Middle school students are fascinated with Surrealism. They love the startling images of Rene Magritte and the disturbing paintings of Salvador Dali. Middle school students are dreamers, and fantasy is a daily experience. To introduce Surrealism to my students, I show them a video about Dali. I fill the artroom with prints of the works of Dali, Magritte and Ernst, as well as works by other artists who influenced or were influenced by the Surrealists, such as Chagall and de Chirico. Slides of works by these artists and students artists are viewed and discussed.

To help students gain a better understanding of this movement, and to help them develop their own ideas, I break Surrealism into four categories: 1. Dreams or Nightmares

(Daydreams count too.); 2. Realistic Objects Placed in

Unusual Settings; 3. Realistic Objects Given

Unnatural Characteristics; 4. Pure Fantasy.

The students are asked to think about these four categories as a basis for a pencil value drawing. Compositions are required to demonstrate awareness of foreground, middle ground and background, and we review the importance of size relationships. Students are asked to experiment with three to five thumbnails in their sketchbooks. They are encouraged to work out ideas in their thumbnail sketches and develop concepts in different categories.

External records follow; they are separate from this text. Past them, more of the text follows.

//! How wide a text is.
ghost use Rattle.std.specs.Prelude.{◌≡◌};
ghost use Rattle.mls_tokens.specs.Table.{columns};

use unicode_width::UnicodeWidthStr;

/// How many columns of a screen a text takes.
pub fn columns(bytes: &[u8]) -> usize
    ensures { result ≡ columns bytes.now }
{
    match std::str::from_utf8(bytes) {
        Ok(text) => text.width(),
        Err(_) => bytes.len(),
    }
}
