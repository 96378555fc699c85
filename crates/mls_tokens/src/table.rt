//! Rows of cells, in columns.
ghost use Rattle.std.specs.Prelude.{◌≡◌, ◌++◌, codes, slice_index, OnOk, IfOk, flat_map};
ghost use Rattle.std.proofs.Math.ListN.{replicate};
ghost use Rattle.mls_tokens.specs.Table.{columns, wider, padding, padded, ruled};

use crate::push_str;
use crate::width::columns;
use mls_lattice::Items;
use std::alloc::{AllocError, Global};

fn width_at(widths: &[usize], place: usize) -> usize
    ensures { result ≡ slice_index widths.now place }
{
    match widths.get(place) {
        Some(width) => *width,
        None => 0,
    }
}

/// The widths of columns that have room for one more row.
#[tactic(auto, using(crate::proofs::TableSteps::row_steps))]
pub fn wider(alloc: Global, widths: &[usize], cells: &[Items<u8>]) -> Result<Vec<usize>, AllocError>
    ensures { IfOk result (λ v. v.items ≡ wider widths.now 0 cells.now) }
{
    let mut wide = Vec::new(alloc);
    for (place, cell) in cells.iter().enumerate() {
        wide.push(width_at(widths, place).max(columns(cell)))?;
    }
    Ok(wide)
}

/// Appends a byte so many times.
fn push_copies(text: &mut Vec<u8>, byte: u8, count: usize) -> Result<(), AllocError>
    ensures { OnOk result (text.new.items ≡ text.old.items ++ replicate count byte) }
{
    for _ in 0..count {
        text.push(byte)?;
    }
    Ok(())
}

/// Appends a cell, blanks up to the width of its column, and what parts it from the next.
fn push_cell(text: &mut Vec<u8>, width: usize, cell: &[u8]) -> Result<(), AllocError>
    ensures { OnOk result (text.new.items ≡ text.old.items ++ (cell.now ++ padding width cell.now ++ codes " | ")) }
{
    text.extend_from_slice(cell)?;
    push_copies(text, b' ', width.saturating_sub(columns(cell)))?;
    push_str(text, " | ")
}

/// Appends the cells of a row, each as wide as its column.
#[tactic(auto, using(crate::proofs::TableSteps::row_steps))]
pub fn push_row(text: &mut Vec<u8>, widths: &[usize], cells: &[Items<u8>]) -> Result<(), AllocError>
    ensures { OnOk result (text.new.items ≡ text.old.items ++ padded widths.now 0 cells.now) }
{
    for (place, cell) in cells.iter().enumerate() {
        push_cell(text, width_at(widths, place), cell)?;
    }
    Ok(())
}

fn push_dashes(text: &mut Vec<u8>, width: usize) -> Result<(), AllocError>
    ensures { OnOk result (text.new.items ≡ text.old.items ++ ruled width) }
{
    push_copies(text, b'-', width)?;
    push_str(text, "-+-")
}

/// Appends dashes below each column.
pub fn push_rule(text: &mut Vec<u8>, widths: &[usize]) -> Result<(), AllocError>
    ensures { OnOk result (text.new.items ≡ text.old.items ++ flat_map ruled widths.now) }
{
    for width in widths {
        push_dashes(text, *width)?;
    }
    Ok(())
}
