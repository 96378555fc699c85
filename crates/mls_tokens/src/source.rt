//! Where bytes come from: a reader, or memory.
ghost use Rattle.std.specs.Prelude.{IfOk, IfErr, OnErr, Option, List, ℕ, [], ◌≡◌, true, false};
ghost use Rattle.std.specs.Io.KnownBytes.{Consumes};
ghost use Rattle.mls_tokens.specs.Typing.{IsByte, IsCause};

use crate::typed::TypingFault;
use std::io::{Error, ErrorKind, Read};

/// How often a read that a signal interrupts is tried again.
const MOST_TRIES: u32 = u32::MAX;

/// Bytes that come one by one, since a reader cannot go back, and what tells that reading one has failed.
pub trait Source {
    // The bytes that are still to come, where they are known.
    ghost remaining: { Self → Option (List ℕ) };

    // A read has failed.
    ghost fails: { Self → Type 0 };

    /// The next byte, if there is one.
    fn next_byte(&mut self) -> Result<Option<u8>, TypingFault>
        ensures byte { IfOk result (IsByte (remaining self.old) (remaining self.new)) }
        ensures lost { OnErr result (Consumes (remaining self.old) (remaining self.new) []) }
        ensures failed { IfErr result (IsCause (fails self.new)) };
}

fn fault_of(error: &Error) -> TypingFault {
    if error.kind() == ErrorKind::OutOfMemory {
        TypingFault::Memory
    } else {
        TypingFault::Unreadable
    }
}

/// One read, tried again where a signal interrupts it.
fn read_byte<R: Read>(input: &mut R) -> Result<Option<u8>, TypingFault>
    ensures byte { IfOk result (IsByte (R.remaining input.old) (R.remaining input.new)) }
    ensures lost { OnErr result (Consumes (R.remaining input.old) (R.remaining input.new) []) }
{
    let mut byte = [0u8];
    for _ in 0..MOST_TRIES {
        match input.read(&mut byte) {
            Ok(0) => return Ok(None),
            Ok(_) => return Ok(Some(byte[0])),
            Err(error) => {
                if error.kind() != ErrorKind::Interrupted {
                    return Err(fault_of(&error));
                }
            }
        }
    }
    Err(TypingFault::Unreadable)
}

/// The bytes of any reader, of which nobody knows when it fails: that a read has failed is remembered.
#[derive(Drop)]
pub struct AnyReader<R: Drop> {
    reader: R,
    has_failed: bool,
}

impl<R: Read + Drop> AnyReader<R> {
    /// All bytes of a reader, of which no read has failed.
    pub fn new(reader: R) -> AnyReader<R>
        ensures { result ≡ record { reader = reader; has_failed = false } }
    {
        AnyReader {
            reader,
            has_failed: false,
        }
    }
}

impl<R: Read + Drop> Source for AnyReader<R> {
    ghost remaining = { λ s. R.remaining s.reader };

    ghost fails = { λ s. s.has_failed ≡ true };

    fn next_byte(&mut self) -> Result<Option<u8>, TypingFault> {
        let byte = read_byte(&mut self.reader);
        if byte.is_err() {
            self.has_failed = true;
        }
        byte
    }
}

/// Bytes in memory, of which no read fails.
#[derive(Drop)]
pub struct BytesIn<'a> {
    left: &'a [u8],
}

impl<'a> BytesIn<'a> {
    /// All bytes of a slice.
    pub fn new(left: &'a [u8]) -> BytesIn<'a>
        ensures { result.left.now ≡ left.now }
    {
        BytesIn { left }
    }
}

impl<'a> Source for BytesIn<'a> {
    ghost use Rattle.std.specs.Prelude.{Some};

    ghost remaining = { λ s. Some s.left.now };

    ghost fails = { λ _. ⊥ };

    fn next_byte(&mut self) -> Result<Option<u8>, TypingFault> {
        let Some((byte, left)) = self.left.split_first() else {
            return Ok(None);
        };
        let byte = *byte;
        self.left = left;
        Ok(Some(byte))
    }
}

After the drawing pencils are distributed, the students create a value scale of 1" (2.54 cm) squares, using six different values from white to black with grays in between. Following an individual student-teacher conference examining their thumbnail sketches, a selection of each student's best idea is made. Compositions begin on 12 x 18" (30 x 46 cm) white drawing paper, and work continues for about five to seven class periods. Throughout the drawing of their Surrealist works, students are encouraged to refer to their value scales to ensure a variety of values in their drawings. Values should be used to suggest form, space and texture. Students can use sharp contrasts in value for dramatic effects.

Critiques are held at various points, and a student-teacher assessment finishes the process of evaluation. Students are very excited with the finished results. Hallway displays produce lines of students studying these unique compositions.

The influence of this lesson frequently appears in other classes when students choose to include an element of fantasy in their clayworks, colored pencil drawings, paintings or sculpture. To unleash the imagination is a thrill for the creator as well as for the viewer. Perhaps your middle school class is ready for a trip into the subconscious. Beware--it's not for the faint of art!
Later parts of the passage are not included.